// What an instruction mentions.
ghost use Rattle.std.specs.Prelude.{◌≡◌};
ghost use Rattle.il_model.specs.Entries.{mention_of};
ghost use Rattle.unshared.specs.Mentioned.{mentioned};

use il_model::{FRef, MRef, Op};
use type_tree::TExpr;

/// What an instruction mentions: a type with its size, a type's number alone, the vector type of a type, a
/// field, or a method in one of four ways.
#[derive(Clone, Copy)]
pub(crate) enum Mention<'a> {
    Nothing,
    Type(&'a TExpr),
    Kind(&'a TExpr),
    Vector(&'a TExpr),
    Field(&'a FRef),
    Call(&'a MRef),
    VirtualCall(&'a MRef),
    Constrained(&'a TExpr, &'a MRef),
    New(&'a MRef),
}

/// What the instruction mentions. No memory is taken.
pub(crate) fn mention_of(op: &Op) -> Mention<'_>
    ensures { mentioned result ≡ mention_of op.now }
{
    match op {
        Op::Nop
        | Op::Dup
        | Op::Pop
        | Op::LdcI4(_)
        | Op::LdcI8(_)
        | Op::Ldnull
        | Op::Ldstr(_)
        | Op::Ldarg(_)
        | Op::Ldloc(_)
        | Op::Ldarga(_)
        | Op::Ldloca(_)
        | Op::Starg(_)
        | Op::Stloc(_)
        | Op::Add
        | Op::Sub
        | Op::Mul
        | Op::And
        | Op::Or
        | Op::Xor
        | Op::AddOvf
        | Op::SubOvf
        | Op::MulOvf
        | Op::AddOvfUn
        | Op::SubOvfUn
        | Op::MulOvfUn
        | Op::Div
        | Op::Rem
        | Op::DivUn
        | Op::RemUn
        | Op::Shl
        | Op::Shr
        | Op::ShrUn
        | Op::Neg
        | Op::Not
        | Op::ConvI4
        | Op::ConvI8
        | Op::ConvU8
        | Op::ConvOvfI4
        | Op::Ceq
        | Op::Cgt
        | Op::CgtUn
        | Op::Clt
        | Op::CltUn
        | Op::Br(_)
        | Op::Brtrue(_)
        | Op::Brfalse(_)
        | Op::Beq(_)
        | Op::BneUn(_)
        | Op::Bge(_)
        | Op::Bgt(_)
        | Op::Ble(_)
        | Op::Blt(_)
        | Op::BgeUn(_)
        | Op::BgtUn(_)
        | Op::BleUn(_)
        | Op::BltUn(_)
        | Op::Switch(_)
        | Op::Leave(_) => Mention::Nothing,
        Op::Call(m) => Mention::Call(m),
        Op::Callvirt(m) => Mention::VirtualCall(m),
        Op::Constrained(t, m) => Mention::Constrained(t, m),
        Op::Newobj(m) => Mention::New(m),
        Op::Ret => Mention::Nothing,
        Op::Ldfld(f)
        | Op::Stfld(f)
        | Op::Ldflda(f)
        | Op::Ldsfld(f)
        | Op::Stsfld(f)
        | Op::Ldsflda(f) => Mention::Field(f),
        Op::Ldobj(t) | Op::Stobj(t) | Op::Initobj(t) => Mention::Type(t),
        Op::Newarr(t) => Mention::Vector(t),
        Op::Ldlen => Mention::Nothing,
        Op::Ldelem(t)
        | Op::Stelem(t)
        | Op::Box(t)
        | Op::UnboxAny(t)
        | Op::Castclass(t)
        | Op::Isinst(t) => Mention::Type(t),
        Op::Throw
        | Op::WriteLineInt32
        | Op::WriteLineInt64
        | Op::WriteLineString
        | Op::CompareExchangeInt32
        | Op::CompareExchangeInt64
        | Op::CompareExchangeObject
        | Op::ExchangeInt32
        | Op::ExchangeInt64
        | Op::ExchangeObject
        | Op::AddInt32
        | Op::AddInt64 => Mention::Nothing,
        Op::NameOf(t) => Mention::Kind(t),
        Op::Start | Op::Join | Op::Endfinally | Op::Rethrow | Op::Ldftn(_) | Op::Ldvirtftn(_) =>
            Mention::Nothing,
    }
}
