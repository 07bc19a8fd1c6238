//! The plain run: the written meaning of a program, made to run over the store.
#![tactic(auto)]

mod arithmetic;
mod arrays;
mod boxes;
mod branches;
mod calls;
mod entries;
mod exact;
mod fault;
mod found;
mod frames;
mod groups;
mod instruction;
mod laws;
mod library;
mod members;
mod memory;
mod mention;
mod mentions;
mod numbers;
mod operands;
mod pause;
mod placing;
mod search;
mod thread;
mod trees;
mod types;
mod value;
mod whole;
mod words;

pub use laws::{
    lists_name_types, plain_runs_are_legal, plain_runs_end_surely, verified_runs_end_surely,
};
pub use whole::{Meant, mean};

____________________

Retype the data in full, precisely as given.

**WRITTEN SOLUTION**
// What an instruction mentions.
ghost use Rattle.std.specs.Prelude.{◌≡◌};
ghost use Rattle.il_model.specs.Entries.{mention_of};
ghost use Rattle.unshared.specs.Mentioned.{mentioned};

use il_model::{FRef, MRef, Op};
use type_tree::TExpr;

/// What an instruction mentions: a type with its size, a type's number alone, the vector type of a type, a
/// field, or a method in one of four ways.
#[derive(Clone, Copy)]
pub(crate) enum Mention<'a> {
    Nothing,
    Type(&'a TExpr),
    Kind(&'a TExpr),
    Vector(&'a TExpr),
    Field(&'a FRef),
    Call(&'a MRef),
    VirtualCall(&'a MRef),
    Constrained(&'a TExpr, &'a MRef),
    New(&'a MRef),
}

/// What the instruction mentions. No memory is taken.
pub(crate) fn mention_of(op: &Op) -> Mention<'_>
    ensures { mentioned result ≡ mention_of op.now }
{
    match op {
        Op::Nop
        | Op::Dup
        | Op::Pop
        | Op::LdcI4(_)
        | Op::LdcI8(_)
        | Op::Ldnull
        | Op::Ldstr(_)
        | Op::Ldarg(_)
        | Op::Ldloc(_)
        | Op::Ldarga(_)
        | Op::Ldloca(_)
        | Op::Starg(_)
        | Op::Stloc(_)
        | Op::Add
        | Op::Sub
        | Op::Mul
        | Op::And
        | Op::Or
        | Op::Xor
        | Op::AddOvf
        | Op::SubOvf
        | Op::MulOvf
        | Op::AddOvfUn
        | Op::SubOvfUn
        | Op::MulOvfUn
        | Op::Div
        | Op::Rem
        | Op::DivUn
        | Op::RemUn
        | Op::Shl
        | Op::Shr
        | Op::ShrUn
        | Op::Neg
        | Op::Not
        | Op::ConvI4
        | Op::ConvI8
        | Op::ConvU8
        | Op::ConvOvfI4
        | Op::Ceq
        | Op::Cgt
        | Op::CgtUn
        | Op::Clt
        | Op::CltUn
        | Op::Br(_)
        | Op::Brtrue(_)
        | Op::Brfalse(_)
        | Op::Beq(_)
        | Op::BneUn(_)
        | Op::Bge(_)
        | Op::Bgt(_)
        | Op::Ble(_)
        | Op::Blt(_)
        | Op::BgeUn(_)
        | Op::BgtUn(_)
        | Op::BleUn(_)
        | Op::BltUn(_)
        | Op::Switch(_)
        | Op::Leave(_) => Mention::Nothing,
        Op::Call(m) => Mention::Call(m),
        Op::Callvirt(m) => Mention::VirtualCall(m),
        Op::Constrained(t, m) => Mention::Constrained(t, m),
        Op::Newobj(m) => Mention::New(m),
        Op::Ret => Mention::Nothing,
        Op::Ldfld(f)
        | Op::Stfld(f)
        | Op::Ldflda(f)
        | Op::Ldsfld(f)
        | Op::Stsfld(f)
        | Op::Ldsflda(f) => Mention::Field(f),
        Op::Ldobj(t) | Op::Stobj(t) | Op::Initobj(t) => Mention::Type(t),
        Op::Newarr(t) => Mention::Vector(t),
        Op::Ldlen => Mention::Nothing,
        Op::Ldelem(t)
        | Op::Stelem(t)
        | Op::Box(t)
        | Op::UnboxAny(t)
        | Op::Castclass(t)
        | Op::Isinst(t) => Mention::Type(t),
        Op::Throw
        | Op::WriteLineInt32
        | Op::WriteLineInt64
        | Op::WriteLineString
        | Op::CompareExchangeInt32
        | Op::CompareExchangeInt64
        | Op::CompareExchangeObject
        | Op::ExchangeInt32
        | Op::ExchangeInt64
        | Op::ExchangeObject
        | Op::AddInt32
        | Op::AddInt64 => Mention::Nothing,
        Op::NameOf(t) => Mention::Kind(t),
        Op::Start | Op::Join | Op::Endfinally | Op::Rethrow | Op::Ldftn(_) | Op::Ldvirtftn(_) =>
            Mention::Nothing,
    }
}
repository 07bc19a8fd1c6238
//! The plain run: the written meaning of a program, made to run over the store.
#![tactic(auto)]

mod arithmetic;
mod arrays;
mod boxes;
mod branches;
mod calls;
mod entries;
mod exact;
mod fault;
mod found;
mod frames;
mod groups;
mod instruction;
mod laws;
mod library;
mod members;
mod memory;
mod mention;
mod mentions;
mod numbers;
mod operands;
mod pause;
mod placing;
mod search;
mod thread;
mod trees;
mod types;
mod value;
mod whole;
mod words;

pub use laws::{
    lists_name_types, plain_runs_are_legal, plain_runs_end_surely, verified_runs_end_surely,
};
pub use whole::{Meant, mean};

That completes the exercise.